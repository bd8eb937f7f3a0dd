//! The rows of hop counts.

ghost use Rattle.std.specs.Prelude.{◌≡◌, ◌+◌, ◌++◌, ◌<◌, length, replicate, ℕ, Some, None, IfOk, IfSome, OnOk, option_map};
ghost use Rattle.std.specs.Fmt.{decimal};
ghost use Rattle.std.specs.Option.{option_map_or};
ghost use Rattle.sync_topo.specs.Lines.{line_count, input_name, IsInput};
ghost use Rattle.nominate.specs.HopCount.{count_at, is_one_less};
ghost use Rattle.sync_topo.specs.declared.input.InputId.TheVariants.{Line, Source};
ghost use Rattle.plan_texts.specs.Hops.{none_text, from_text, hops_row, hops_text};
ghost use Rattle.plan_texts.specs.private.HopRows.{first_source, line_at, from_name, AreLinesFrom};

use nominate::{Hops, is_one_less};
use std::alloc::Global;
use sync_text::{NoMemory, Text};
use sync_topo::{InputId, LineId, Plan};

/// For each element with a count above 0 the lowest-numbered line from one with one less.
fn lines_from(alloc: Global, plan: &Plan, hops: &Hops) -> Result<Vec<Option<LineId>>, NoMemory>
    requires { length hops.now ≡ length plan.now.elements }
    ensures { IfOk result (λ lines. AreLinesFrom plan.now hops.now (line_count plan.now) lines.items) }
{
    let mut lines = no_lines(alloc, plan)?;
    for number in 0..plan.lines() {
        keep_line(plan, hops, &mut lines, LineId(number));
    }
    Ok(lines)
}

/// For each element no line.
fn no_lines(alloc: Global, plan: &Plan) -> Result<Vec<Option<LineId>>, NoMemory>
    ensures { IfOk result (λ lines. lines.items ≡ replicate (length plan.now.elements) None) }
{
    Ok(vec![in alloc; None; plan.elements() as usize]?)
}

/// Keeps the line for the element where it ends, if it is the first from one with one less.
fn keep_line(plan: &Plan, hops: &Hops, lines: &mut Vec<Option<LineId>>, line: LineId)
    requires counted { length hops.now ≡ length plan.now.elements }
    requires within { line.0 < line_count plan.now }
    requires before { AreLinesFrom plan.now hops.now line.0 lines.old.items }
    ensures { AreLinesFrom plan.now hops.now (line.0 + 1) lines.new.items }
{
    let receiver = plan.to(line);
    if !is_one_less(hops.of(plan.from(line)), hops.of(receiver)) {
        return;
    }
    if lines[receiver as usize].is_some() {
        return;
    }
    lines[receiver as usize] = Some(line);
}

/// The first source among some inputs.
fn first_source(inputs: &[InputId]) -> Option<InputId>
    ensures { result ≡ option_map Source (first_source inputs.now) }
{
    for input in inputs {
        if let InputId::Source(_) = *input {
            return Some(*input);
        }
    }
    None
}

/// Puts a count, or `none`.
fn put_count(text: &mut Text, count: Option<u32>) -> Result<(), NoMemory>
    ensures { OnOk result (text.new ≡ text.old ++ option_map_or decimal count none_text) }
{
    match count {
        Some(count) => text.put_number(u64::from(count)),
        None => text.put(b"none"),
    }
}

/// Puts the name of an input, or `none`.
fn put_input(
    alloc: Global,
    text: &mut Text,
    plan: &Plan,
    input: Option<InputId>,
) -> Result<(), NoMemory>
    requires { IfSome input (IsInput plan.now) }
    ensures { OnOk result (text.new ≡ text.old ++ option_map_or (input_name plan.now) input none_text) }
{
    match input {
        Some(input) => plan.put_input_name(alloc, text, input),
        None => text.put(b"none"),
    }
}

/// Where an element of this count would take its timing from: its first nominated source, or else
/// the first line from one with one less.
fn from_of(
    plan: &Plan,
    lines: &[Option<LineId>],
    element: u32,
    count: Option<u32>,
) -> Option<InputId>
    requires within { element < length plan.now.elements }
    requires lines { length lines.now ≡ length plan.now.elements }
    requires kept { (line : ℕ) → line_at lines.now element ≡ Some line → line < line_count plan.now }
    ensures input { option_map (input_name plan.now) result
        ≡ from_name plan.now (line_at lines.now element) element count }
    ensures within { IfSome result (IsInput plan.now) }
{
    let Some(hops) = count else {
        return None;
    };
    if hops == 0 {
        return first_source(plan.inputs(element));
    }
    line_input(lines[element as usize])
}

/// The line as an input, if there is one.
fn line_input(line: Option<LineId>) -> Option<InputId>
    ensures { result ≡ option_map Line line }
{
    match line {
        Some(line) => Some(InputId::Line(line)),
        None => None,
    }
}

/// Puts where an element of this count would take its timing from.
fn put_from(
    alloc: Global,
    text: &mut Text,
    plan: &Plan,
    hops: &Hops,
    lines: &[Option<LineId>],
    element: u32,
) -> Result<(), NoMemory>
    requires within { element < length plan.now.elements }
    requires counted { length hops.now ≡ length plan.now.elements }
    requires lines { AreLinesFrom plan.now hops.now (line_count plan.now) lines.now }
    ensures { OnOk result (text.new ≡ text.old
        ++ from_text plan.now hops.now element (count_at hops.now element)) }
{
    let from = from_of(plan, lines, element, hops.of(element));
    put_input(alloc, text, plan, from)
}

/// Puts the row of an element.
fn put_row(
    alloc: Global,
    text: &mut Text,
    plan: &Plan,
    hops: &Hops,
    lines: &[Option<LineId>],
    element: u32,
) -> Result<(), NoMemory>
    requires within { element < length plan.now.elements }
    requires counted { length hops.now ≡ length plan.now.elements }
    requires lines { AreLinesFrom plan.now hops.now (line_count plan.now) lines.now }
    ensures { OnOk result (text.new ≡ text.old ++ hops_row plan.now hops.now element) }
{
    text.put(plan.element(element).name.bytes())?;
    text.put(b",")?;
    put_count(text, hops.of(element))?;
    text.put(b",")?;
    put_from(alloc, text, plan, hops, lines, element)?;
    text.put(b"\n")
}

/// The rows of the hop counts of a plan, a row for each element in order: its name, its count, and where
/// its timing would come from by these counts.
///
/// The first row is `element,hops,from`; what isn't there is `none`. This project's own.
pub fn hops_text(alloc: Global, plan: &Plan, hops: &Hops) -> Result<Text, NoMemory>
    requires { length hops.now ≡ length plan.now.elements }
    ensures { IfOk result (λ text. text ≡ hops_text plan.now hops.now) }
{
    let lines = lines_from(alloc, plan, hops)?;
    let mut text = Text::new(alloc);
    text.put(b"element,hops,from\n")?;
    for element in 0..plan.elements() {
        put_row(alloc, &mut text, plan, hops, lines.as_slice(), element)?;
    }
    Ok(text)
}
⁂
Everything in the material above needs to be transcribed exactly.

§ Answer area
repository bd8eb937f7f3a0dd
//! The rows of hop counts.

ghost use Rattle.std.specs.Prelude.{◌≡◌, ◌+◌, ◌++◌, ◌<◌, length, replicate, ℕ, Some, None, IfOk, IfSome, OnOk, option_map};
ghost use Rattle.std.specs.Fmt.{decimal};
ghost use Rattle.std.specs.Option.{option_map_or};
ghost use Rattle.sync_topo.specs.Lines.{line_count, input_name, IsInput};
ghost use Rattle.nominate.specs.HopCount.{count_at, is_one_less};
ghost use Rattle.sync_topo.specs.declared.input.InputId.TheVariants.{Line, Source};
ghost use Rattle.plan_texts.specs.Hops.{none_text, from_text, hops_row, hops_text};
ghost use Rattle.plan_texts.specs.private.HopRows.{first_source, line_at, from_name, AreLinesFrom};

use nominate::{Hops, is_one_less};
use std::alloc::Global;
use sync_text::{NoMemory, Text};
use sync_topo::{InputId, LineId, Plan};

/// For each element with a count above 0 the lowest-numbered line from one with one less.
fn lines_from(alloc: Global, plan: &Plan, hops: &Hops) -> Result<Vec<Option<LineId>>, NoMemory>
    requires { length hops.now ≡ length plan.now.elements }
    ensures { IfOk result (λ lines. AreLinesFrom plan.now hops.now (line_count plan.now) lines.items) }
{
    let mut lines = no_lines(alloc, plan)?;
    for number in 0..plan.lines() {
        keep_line(plan, hops, &mut lines, LineId(number));
    }
    Ok(lines)
}

/// For each element no line.
fn no_lines(alloc: Global, plan: &Plan) -> Result<Vec<Option<LineId>>, NoMemory>
    ensures { IfOk result (λ lines. lines.items ≡ replicate (length plan.now.elements) None) }
{
    Ok(vec![in alloc; None; plan.elements() as usize]?)
}

/// Keeps the line for the element where it ends, if it is the first from one with one less.
fn keep_line(plan: &Plan, hops: &Hops, lines: &mut Vec<Option<LineId>>, line: LineId)
    requires counted { length hops.now ≡ length plan.now.elements }
    requires within { line.0 < line_count plan.now }
    requires before { AreLinesFrom plan.now hops.now line.0 lines.old.items }
    ensures { AreLinesFrom plan.now hops.now (line.0 + 1) lines.new.items }
{
    let receiver = plan.to(line);
    if !is_one_less(hops.of(plan.from(line)), hops.of(receiver)) {
        return;
    }
    if lines[receiver as usize].is_some() {
        return;
    }
    lines[receiver as usize] = Some(line);
}

/// The first source among some inputs.
fn first_source(inputs: &[InputId]) -> Option<InputId>
    ensures { result ≡ option_map Source (first_source inputs.now) }
{
    for input in inputs {
        if let InputId::Source(_) = *input {
            return Some(*input);
        }
    }
    None
}

/// Puts a count, or `none`.
fn put_count(text: &mut Text, count: Option<u32>) -> Result<(), NoMemory>
    ensures { OnOk result (text.new ≡ text.old ++ option_map_or decimal count none_text) }
{
    match count {
        Some(count) => text.put_number(u64::from(count)),
        None => text.put(b"none"),
    }
}

/// Puts the name of an input, or `none`.
fn put_input(
    alloc: Global,
    text: &mut Text,
    plan: &Plan,
    input: Option<InputId>,
) -> Result<(), NoMemory>
    requires { IfSome input (IsInput plan.now) }
    ensures { OnOk result (text.new ≡ text.old ++ option_map_or (input_name plan.now) input none_text) }
{
    match input {
        Some(input) => plan.put_input_name(alloc, text, input),
        None => text.put(b"none"),
    }
}

/// Where an element of this count would take its timing from: its first nominated source, or else
/// the first line from one with one less.
fn from_of(
    plan: &Plan,
    lines: &[Option<LineId>],
    element: u32,
    count: Option<u32>,
) -> Option<InputId>
    requires within { element < length plan.now.elements }
    requires lines { length lines.now ≡ length plan.now.elements }
    requires kept { (line : ℕ) → line_at lines.now element ≡ Some line → line < line_count plan.now }
    ensures input { option_map (input_name plan.now) result
        ≡ from_name plan.now (line_at lines.now element) element count }
    ensures within { IfSome result (IsInput plan.now) }
{
    let Some(hops) = count else {
        return None;
    };
    if hops == 0 {
        return first_source(plan.inputs(element));
    }
    line_input(lines[element as usize])
}

/// The line as an input, if there is one.
fn line_input(line: Option<LineId>) -> Option<InputId>
    ensures { result ≡ option_map Line line }
{
    match line {
        Some(line) => Some(InputId::Line(line)),
        None => None,
    }
}

/// Puts where an element of this count would take its timing from.
fn put_from(
    alloc: Global,
    text: &mut Text,
    plan: &Plan,
    hops: &Hops,
    lines: &[Option<LineId>],
    element: u32,
) -> Result<(), NoMemory>
    requires within { element < length plan.now.elements }
    requires counted { length hops.now ≡ length plan.now.elements }
    requires lines { AreLinesFrom plan.now hops.now (line_count plan.now) lines.now }
    ensures { OnOk result (text.new ≡ text.old
        ++ from_text plan.now hops.now element (count_at hops.now element)) }
{
    let from = from_of(plan, lines, element, hops.of(element));
    put_input(alloc, text, plan, from)
}

/// Puts the row of an element.
fn put_row(
    alloc: Global,
    text: &mut Text,
    plan: &Plan,
    hops: &Hops,
    lines: &[Option<LineId>],
    element: u32,
) -> Result<(), NoMemory>
    requires within { element < length plan.now.elements }
    requires counted { length hops.now ≡ length plan.now.elements }
    requires lines { AreLinesFrom plan.now hops.now (line_count plan.now) lines.now }
    ensures { OnOk result (text.new ≡ text.old ++ hops_row plan.now hops.now element) }
{
    text.put(plan.element(element).name.bytes())?;
    text.put(b",")?;
    put_count(text, hops.of(element))?;
    text.put(b",")?;
    put_from(alloc, text, plan, hops, lines, element)?;
    text.put(b"\n")
}

/// The rows of the hop counts of a plan, a row for each element in order: its name, its count, and where
/// its timing would come from by these counts.
///
/// The first row is `element,hops,from`; what isn't there is `none`. This project's own.
pub fn hops_text(alloc: Global, plan: &Plan, hops: &Hops) -> Result<Text, NoMemory>
    requires { length hops.now ≡ length plan.now.elements }
    ensures { IfOk result (λ text. text ≡ hops_text plan.now hops.now) }
{
    let lines = lines_from(alloc, plan, hops)?;
    let mut text = Text::new(alloc);
    text.put(b"element,hops,from\n")?;
    for element in 0..plan.elements() {
        put_row(alloc, &mut text, plan, hops, lines.as_slice(), element)?;
    }
    Ok(text)
}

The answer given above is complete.